From the entries that follow, pick out all lines holding "leaves".

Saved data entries

☆ ☆ ☆ ☆

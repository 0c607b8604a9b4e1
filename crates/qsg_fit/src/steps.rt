//! What each step of a request keeps.

ghost use Rattle.std.specs.Prelude.{ℕ, ◌+◌, ◌≤◌};
ghost use Rattle.qsg_parts.specs.Owned.{Owned};
ghost use Rattle.qsg_get.specs.Steps.{next_get};
ghost use Rattle.qsg_get.specs.Works.{Work as GetWork};
ghost use Rattle.qsg_put.specs.Steps.{next_put};
ghost use Rattle.qsg_put.specs.Works.{Work as PutWork};
ghost use Rattle.qsg_fit.specs.Outcomes.{IsPutOf, IsGetOf, IsSteadyAtPut, IsSteadyAtGet, KeepsPut, KeepsGet};

/// Each step of a put leaves the group steady, with one request more in progress or one more answered, and all other tasks
/// as they stood. A put that goes on fits how its task stands then; after its answer the task may have a further request.
pub fn a_step_of_a_put_keeps_the_group_steady()
    ensures { (answered busy : ℕ) (p : Owned) (work : PutWork) → answered + busy ≤ 2147483648 → IsSteadyAtPut answered busy work.phase p → IsPutOf work p → KeepsPut answered busy work.member work.task work.words p (next_put work p) }
{}

/// The same of each step of a get.
pub fn a_step_of_a_get_keeps_the_group_steady()
    ensures { (answered busy : ℕ) (p : Owned) (work : GetWork) → IsSteadyAtGet answered busy work.phase p → IsGetOf work p → KeepsGet answered busy work.member work.task p (next_get work p) }
{}
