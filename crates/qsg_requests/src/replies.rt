//! How a request ended, and why a step waits.

use qsg_msg::Message;
use qsg_num::{Actor, EntryId, Incarnation, LogWhy, Member, TaskNo, UnitName};
use qsg_offload::Placed;

/// What is short for the entry of a PUT.
#[derive(Clone, Copy, Debug, PartialEq, Eq)]
pub enum Short {
    /// Blocks of the owner's data set.
    Dataset,
    /// Elements of the list structure.
    Structure,
}

/// Why a request is refused. The numbers are the reason codes of IBM MQ; the exact cause of each is this project's own.
/// A refusal leaves the unit of the task as it was, but that the task may have drawn the unit's name. The exceptions are
/// those that a crash or a log brings; each says what it leaves.
#[derive(Clone, Copy, Debug, PartialEq, Eq)]
pub enum Reason {
    /// 2009: the task's member ended while the request was in progress, or while the task's unit had an operation, since
    /// the task's last answer that wasn't to a WAIT. The task holds no unit any more: where the unit is in the history it
    /// was committed, and else it is undone; a peer settles what is left of it.
    ConnectionBroken,
    /// 2016: the queue doesn't allow gets.
    GetInhibited,
    /// 2024: the unit has as many operations as a unit may have.
    SyncpointLimit,
    /// 2030: the body is longer than the queue takes.
    BodyTooLong,
    /// 2033: no message on offer is asked for.
    NoMessage,
    /// 2048: a persistent message for a structure that isn't recovered.
    PersistentNotAllowed,
    /// 2051: the queue doesn't allow puts.
    PutInhibited,
    /// 2053: the queue has as many messages as it may have.
    QueueFull {
        depth: u32,
    },
    /// 2085: no object has that name.
    UnknownObject,
    /// 2192: so many blocks or elements are needed, and only so many are free.
    StorageFull {
        place: Short,
        need: u32,
        free: u32,
    },
    /// 2373: the structure failed, is being recovered, or has a newer epoch.
    StructureFailed,
    /// NOLOG: the unit needs so many pages of the log, and only so many are free.
    NoLog {
        need: u32,
        free: u32,
    },
    /// DSFAULT: the owner of the data set may not use it, or a call on the data set failed in a step of this request.
    DataSetFault,
    /// DOWN: a CRASH of a member that isn't up. It changes nothing.
    Down,
    /// UP: a START of a member that is up. It changes nothing.
    Up,
    /// LOGFAULT: the log of that member can't be read, so START can't tell where it goes on. The member stays down, and
    /// no incarnation is used.
    LogFault {
        member: Member,
        why: LogWhy,
    },
    /// GAVEUP: a system task can't read the log of this incarnation that failed. The incarnation stays unresolved, its
    /// marks stay, and this task doesn't try it again until its own member next comes up.
    GaveUp {
        member: Member,
        incarnation: Incarnation,
        why: LogWhy,
    },
    /// NOTYET: this part of the group isn't built yet.
    NotYet,
}

/// How a request ended.
#[derive(Debug, Drop)]
pub enum Reply {
    /// The message was put, with this id, and its body went there.
    PutOk {
        id: EntryId,
        placed: Placed,
    },
    /// The unit ended with so many operations; None where the task had none.
    Unit {
        unit: Option<UnitName>,
        count: u32,
    },
    /// This message was got.
    Got(Message),
    /// The member is up again, as this incarnation.
    Started {
        incarnation: Incarnation,
    },
    /// A system task has done its part for this incarnation that failed: it settled so many of its entries, and none is
    /// left that its log or the absence of a COMMIT there doesn't decide.
    Resolved {
        member: Member,
        incarnation: Incarnation,
        settled: u32,
    },
    /// It is done.
    Done,
    /// It was refused.
    Refused(Reason),
}

/// Why an actor's step waits.
#[derive(Clone, Copy, Debug, PartialEq, Eq)]
pub enum Cause {
    /// Its member isn't up.
    Down,
    /// That task of its member is writing the run of its unit.
    LogBusy(TaskNo),
    /// That actor has given fewer answers than so many.
    Until(Actor, u32),
    /// That task of the member which is to stop has a unit with operations, or a request or work in progress.
    Quiescing(TaskNo),
    /// That task reads the log that a START would read and then write. The member of the log isn't up; the task is that
    /// of a peer.
    Reading(Member, TaskNo),
}

/// How a step of a request ended.
#[derive(Debug, Drop)]
pub enum Turn {
    /// The request has further steps.
    More,
    /// The request ended.
    Ended(Reply),
    /// The step wasn't made, and changed nothing.
    Waits(Cause),
}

☆ ☆ ☆ ☆

Task solution —
/// Each step of a put leaves the group steady, with one request more in progress or one more answered, and all other tasks
/// A refusal leaves the unit of the task as it was, but that the task may have drawn the unit's name. The exceptions are
/// those that a crash or a log brings; each says what it leaves.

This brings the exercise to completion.